The tax code is what the elite and deep state use as power and to enrich themselves. Almost all lobbying is about tax law.

Rant over.


----------



## Philbilly2 (Aug 25, 2007)

Also, do you use a business based accounting program like Quickbooks?


----------



## JustJeff (Sep 9, 2009)

BillyM83 said:


> No.


No what? You're not an LLC, Corp, or DBA?


----------



## John_DeereGreen (Jan 2, 2011)

snowman55 said:


> over $5k and worth every penny.
> 
> The whole Tax code wouldn't even fit in my office.
> Complete joke, what you pay a cpa should also be considered a tax as I need to pay someone just to figure out how much tax I owe.
> ...


Could you tell us how you really feel and not sugar coat it next time?

:laugh::laugh:


----------



## JustJeff (Sep 9, 2009)

I thought I remember from another thread, that you also own a business, correct? Because I thought I remembered you talking about "keeping your guys busy during the Winter months". No? If you do have a business, my question is how have you managed to be in business for however long you have without realizing how important a good accountant is?


----------



## BossPlow2010 (Sep 29, 2010)

Is that )425 a year or per quarter?
Either way, I feel having an accountant it’s most advantageous to the business owner, (you in this case)


----------



## jonniesmooth (Dec 5, 2008)

Mine were $335 last year, I think she goes up about $25/year.
She does my quarterly payment statements and my 1099's for subs too in that


----------



## Philbilly2 (Aug 25, 2007)




----------



## Mark Oomkes (Dec 10, 2000)

I file with the IRS and Dept of Treasury. Usually E-file. 

I pay far too much.


----------



## m_ice (Aug 12, 2012)

Accountants are a must like attorneys if your in business for yourself.
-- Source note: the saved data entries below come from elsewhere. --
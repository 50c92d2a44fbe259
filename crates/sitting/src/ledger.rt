use crate::leaf_state::LeafState;

// What an executive keeps of its lines and its leaves: the tick that lines carry, how many lines are
// used, the state of each skill's leaf, and the skill that was started last with each device.
#[derive(Drop)]
pub(crate) struct Ledger {
    pub(crate) tick: u32,
    pub(crate) used: usize,
    pub(crate) states: [LeafState; 64],
    pub(crate) holders: [Option<u8>; 32],
}
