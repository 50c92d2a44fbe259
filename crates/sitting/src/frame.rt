// A node whose child is being visited: the two by their places among the nodes in preorder, and the
// child by its number among its siblings.
#[derive(Clone, Copy, PartialEq, Eq, Debug, Default)]
pub(crate) struct Frame {
    pub(crate) node: u16,
    pub(crate) child: u16,
    pub(crate) number: u8,
}
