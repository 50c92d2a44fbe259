// What an executive knows of the node at a place.
ghost use Rattle.std.specs.Prelude.{◌≡◌};
ghost use Rattle.mission.specs.Missions.{meaning};
ghost use Rattle.mission.specs.Places.{node_at};
ghost use Rattle.sitting.specs.Tables.{end_at, memory_at, with_memory, ahead_of, results_of, count_of, beyond};

use crate::executive::Executive;
use crate::memory::{Memory, Results};
use mission::node::Node;

// The place so far behind another.
pub(crate) fn beyond(at: u16, by: u16) -> u16
    ensures { result ≡ beyond at by }
{
    at.saturating_add(by)
}

impl Executive {
    pub(crate) fn node(&self, at: u16) -> Node
        ensures { result ≡ node_at (meaning self.now.mission).nodes at }
    {
        self.mission
            .nodes()
            .get(usize::from(at))
            .copied()
            .unwrap_or(Node::Not)
    }

    // The place behind the node and all below it.
    pub(crate) fn end(&self, at: u16) -> u16
        ensures { result ≡ end_at self.now at }
    {
        self.ends.get(usize::from(at)).copied().unwrap_or(0)
    }

    pub(crate) fn memory(&self, at: u16) -> Memory
        ensures { result ≡ memory_at self.now at }
    {
        self.memories
            .get(usize::from(at))
            .copied()
            .unwrap_or(Memory::Nothing)
    }

    pub(crate) fn remember(&mut self, at: u16, memory: Memory)
        ensures { self.new ≡ with_memory self.old at memory }
    {
        if let 0..256 = at {
            self.memories[usize::from(at)] = memory;
        }
    }
}

impl Memory {
    // How many nodes of its children a group goes past before the one that it remembers.
    pub(crate) fn ahead(self) -> u16
        ensures { result ≡ ahead_of self }
    {
        match self {
            Memory::Child(ahead) => ahead,
            _ => 0,
        }
    }

    // The results that a par keeps.
    pub(crate) fn results(self) -> Results
        ensures { result ≡ results_of self }
    {
        match self {
            Memory::Results(results) => results,
            _ => Results {
                passed: 0,
                failed: 0,
            },
        }
    }

    // What a loop has counted.
    pub(crate) fn count(self) -> u16
        ensures { result ≡ count_of self }
    {
        match self {
            Memory::Count(count) => count,
            _ => 0,
        }
    }
}
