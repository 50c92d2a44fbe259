// Lines of the trace, and the states of leaves.
ghost use Rattle.std.specs.Prelude.{◌≡◌};
ghost use Rattle.sitting.specs.Desks.{row_put, one_used, state_of, with_state, begun, ended, blocked};

use crate::leaf_state::LeafState;
use crate::ledger::Ledger;
use rules::line::Line;
use rules::word::Word;

impl Ledger {
    // Writes a line behind those that are used; where there is no room for it, nothing.
    pub(crate) fn note(&mut self, trace: &mut [Line], word: Word, skill: u8, mark: i32)
        ensures row { trace.new ≡ row_put self.old trace.old word skill mark }
        ensures ledger { self.new ≡ one_used self.old trace.old }
    {
        if self.used < trace.len() {
            trace[self.used] = Line {
                tick: self.tick,
                word: word.number(),
                skill,
                mark,
            };
            self.used += 1;
        }
    }

    // The state of a skill's leaf.
    pub(crate) fn state(&self, skill: u8) -> LeafState
        ensures { result ≡ state_of self.now skill }
    {
        self.states
            .get(usize::from(skill))
            .copied()
            .unwrap_or(LeafState::Idle)
    }

    // There are no other skills than 0 to 63.
    fn set_state(&mut self, skill: u8, state: LeafState)
        ensures { self.new ≡ with_state self.old skill state }
    {
        if let 0..64 = skill {
            self.states[usize::from(skill)] = state;
        }
    }

    // The skill's leaf runs now, with this device.
    pub(crate) fn begin(&mut self, skill: u8, device: Option<u8>)
        ensures { self.new ≡ begun self.old skill device }
    {
        self.set_state(skill, LeafState::Running);
        if let Some(d @ 0..32) = device {
            self.holders[usize::from(d)] = Some(skill);
        }
    }

    // The skill's leaf is idle now.
    pub(crate) fn end(&mut self, skill: u8)
        ensures { self.new ≡ ended self.old skill }
    {
        self.set_state(skill, LeafState::Idle);
    }

    // Does a running leaf have this device?
    pub(crate) fn is_blocked(&self, device: Option<u8>) -> bool
        ensures { result ≡ blocked self.now device }
    {
        device
            .and_then(|d| *self.holders.get(usize::from(d))?)
            .is_some_and(|holder| self.state(holder) == LeafState::Running)
    }
}
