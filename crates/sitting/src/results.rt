// The results that a par keeps.
ghost use Rattle.std.specs.Prelude.{◌≡◌};
ghost use Rattle.sitting.specs.Turns.{bit_of, has_result, kept, par_verdict};

use crate::memory::Results;
use rules::status::Status;

// The bit of a child; a par has 32 at most.
fn bit(number: u8) -> u32
    ensures { result ≡ bit_of number }
{
    match number {
        0..32 => 1 << number,
        _ => 0,
    }
}

impl Results {
    // Has this child a result?
    pub(crate) fn has(self, number: u8) -> bool
        ensures { result ≡ has_result self number }
    {
        (self.passed | self.failed) & bit(number) != 0
    }

    // With the result of this child; a child that runs has none.
    pub(crate) fn with(self, number: u8, status: Status) -> Results
        ensures { result ≡ kept self number status }
    {
        match status {
            Status::Run => self,
            Status::Pass => Results {
                passed: self.passed | bit(number),
                ..self
            },
            Status::Fail => Results {
                failed: self.failed | bit(number),
                ..self
            },
        }
    }

    // What a par with so many children makes of them, of which so many need to pass.
    pub(crate) fn verdict(self, kids: u8, need: u8) -> Status
        ensures { result ≡ par_verdict kids need self }
    {
        if self.passed.count_ones() >= u32::from(need) {
            Status::Pass
        } else if self.failed.count_ones() > u32::from(kids.saturating_sub(need)) {
            Status::Fail
        } else {
            Status::Run
        }
    }
}
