// Whether the leaf of a named skill is idle or running.
#[derive(Clone, Copy, PartialEq, Eq, Debug)]
pub(crate) enum LeafState {
    Idle,
    Running,
}
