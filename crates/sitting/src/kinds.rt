// Which status a group goes on after and a loop counts, and what a status becomes under `not`.
ghost use Rattle.std.specs.Prelude.{◌≡◌};
ghost use Rattle.rules.specs.Live.{goes_on, remembers as kind_remembers, counts_on};
ghost use Rattle.rules.specs.Statuses.{exchanged, verdict_of};
ghost use Rattle.rules.specs.Visiting.{moved, moves_on};

use mission::node::{GroupKind, LoopKind};
use rules::status::Status;

// The status of a child after which a group goes on to the next.
pub(crate) fn onward(kind: GroupKind) -> Status
    ensures { result ≡ moved (goes_on kind) }
{
    match kind {
        GroupKind::Seq | GroupKind::Mseq => Status::Pass,
        GroupKind::Fall | GroupKind::Mfall => Status::Fail,
    }
}

pub(crate) fn goes_on_after(kind: GroupKind, status: Status) -> bool
    ensures { result ≡ moves_on (goes_on kind) status }
{
    status == onward(kind)
}

pub(crate) fn remembers(kind: GroupKind) -> bool
    ensures { result ≡ kind_remembers kind }
{
    matches!(kind, GroupKind::Mseq | GroupKind::Mfall)
}

// The status of its child that a loop counts.
pub(crate) fn counted(kind: LoopKind) -> Status
    ensures { result ≡ moved (counts_on kind) }
{
    match kind {
        LoopKind::Retry => Status::Fail,
        LoopKind::Repeat => Status::Pass,
    }
}

pub(crate) fn counts_after(kind: LoopKind, status: Status) -> bool
    ensures { result ≡ moves_on (counts_on kind) status }
{
    status == counted(kind)
}

// Pass and fail exchanged.
pub(crate) fn exchanged(status: Status) -> Status
    ensures { result ≡ exchanged status }
{
    match status {
        Status::Run => Status::Run,
        Status::Pass => Status::Fail,
        Status::Fail => Status::Pass,
    }
}

// A condition passes or fails.
pub(crate) fn verdict(meets: bool) -> Status
    ensures { result ≡ verdict_of meets }
{
    if meets { Status::Pass } else { Status::Fail }
}
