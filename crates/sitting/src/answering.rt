// A node hears the status of its child.
ghost use Rattle.std.specs.Prelude.{◌≡◌};
ghost use Rattle.mission.specs.Missions.{meaning};
ghost use Rattle.mission.specs.Places.{node_at};
ghost use Rattle.sitting.specs.Turns.{stage, group_answered, answered, counted, ends_with, keeping};

use crate::executive::Executive;
use crate::frame::Frame;
use crate::kinds::{counted as counted_status, counts_after, exchanged, goes_on_after, remembers};
use crate::memory::Memory;
use crate::turn::Turn;
use bank::banks::Bank;
use mission::node::{GroupKind, LoopKind, Node};
use rules::line::Line;
use rules::sitting_fault::SittingFault;
use rules::status::Status;

impl Executive {
    // A node that does not run on forgets what it remembered.
    fn end_with(&mut self, status: Status, node: u16)
        ensures { (K : _) (b : _) (s : _) (t : _) → stage self.new K b s t ≡ ends_with status node (stage self.old K b s t) }
    {
        if status != Status::Run {
            self.remember(node, Memory::Nothing);
        }
    }

    // A group goes on to its next child, or stops: one without memory halts its later children then.
    fn hear_in_group<B: Bank>(
        &mut self,
        bank: &mut B,
        trace: &mut [Line],
        kind: GroupKind,
        frame: Frame,
        status: Status,
    ) -> Result<Turn, SittingFault>
        ensures { (K : _) (s : _) → (result, stage self.new K (B.Bank.skills bank.new) s trace.new) ≡ group_answered kind frame status (stage self.old K (B.Bank.skills bank.old) s trace.old) }
    {
        let end = self.end(frame.child);
        if goes_on_after(kind, status) {
            let next = self.next(frame);
            if remembers(kind) {
                let ahead = end.saturating_sub(frame.node).saturating_sub(1);
                self.remember(frame.node, Memory::Child(ahead));
            }
            return Ok(Turn::Look(next));
        }
        if !remembers(kind) {
            self.halt_range(bank, trace, end, self.end(frame.node))?;
        }
        self.end_with(status, frame.node);
        Ok(Turn::Answer(status))
    }

    // A par keeps the result of its child, and goes on.
    fn hear_in_par(&mut self, frame: Frame, status: Status)
        ensures { (K : _) (b : _) (s : _) (t : _) → stage self.new K b s t ≡ keeping status frame (stage self.old K b s t) }
    {
        if status != Status::Run {
            let results = self.memory(frame.node).results();
            let kept = results.with(frame.number, status);
            self.remember(frame.node, Memory::Results(kept));
        }
    }

    // A loop counts one more, and ends on reaching its times.
    fn count(&mut self, kind: LoopKind, times: u16, node: u16) -> Turn
        ensures { (K : _) (b : _) (s : _) (t : _) → (result, stage self.new K b s t) ≡ counted kind times node (stage self.old K b s t) }
    {
        let count = self.memory(node).count().saturating_add(1);
        if count < times {
            self.remember(node, Memory::Count(count));
            return Turn::Answer(Status::Run);
        }
        self.remember(node, Memory::Nothing);
        Turn::Answer(counted_status(kind))
    }

    // The node of this frame hears the status of its child.
    pub(crate) fn hear<B: Bank>(
        &mut self,
        bank: &mut B,
        trace: &mut [Line],
        frame: Frame,
        status: Status,
    ) -> Result<Turn, SittingFault>
        ensures { (K : _) (s : _) → (result, stage self.new K (B.Bank.skills bank.new) s trace.new) ≡ answered (node_at (meaning self.old.mission).nodes frame.node) frame status (stage self.old K (B.Bank.skills bank.old) s trace.old) }
    {
        match self.node(frame.node) {
            Node::Group { kind, .. } => self.hear_in_group(bank, trace, kind, frame, status),
            Node::Par { .. } => {
                self.hear_in_par(frame, status);
                Ok(Turn::Look(self.next(frame)))
            }
            Node::Not => Ok(Turn::Answer(exchanged(status))),
            Node::Loop { kind, times } => {
                if counts_after(kind, status) {
                    return Ok(self.count(kind, times, frame.node));
                }
                self.end_with(status, frame.node);
                Ok(Turn::Answer(status))
            }
            // A leaf has no children.
            _ => Ok(Turn::Answer(status)),
        }
    }
}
Side note: it's bullcrap how accountants are the only service that can see how much money you have before billing you???


----------



## Mr.Markus (Jan 7, 2010)

Keep your accountant, to me it sounds as if you simply drop your numbers on them and settle with what you get. Its important to do some planning as well. Ask them if there is anything you could have done to reduce your tax burden and maybe also consult a tax planner. They can save you money as well, I wish I had done it sooner.
As you acquire more and get older this becomes important not only for you but for those that are close to you. I cant speak to the American tax system but we pay way too much and to find the everchanging loopholes takes a professional.


----------



## JBMohler (Dec 17, 2013)

I don’t care if I plowed 1 old lady’s driveway, I’m not doing my own taxes.


----------



## duramax plow (Aug 31, 2015)

If you ever get audited, It falls on the accountant. Been audited twice, well because someone stole my identity, and another random. Never cost me money, but the headache that could've been. 

Pay the accountant, its, like IRS insurance.


----------



## JMHConstruction (Aug 22, 2011)

I wish I paid $425.....

I file quarterly and pay more than that. 

He also fixes my screw ups in QuickBooks (some days are worse than others), and finds me more refunds than I would if doing them myself. His advise on what and where to spend money is usually worth the price.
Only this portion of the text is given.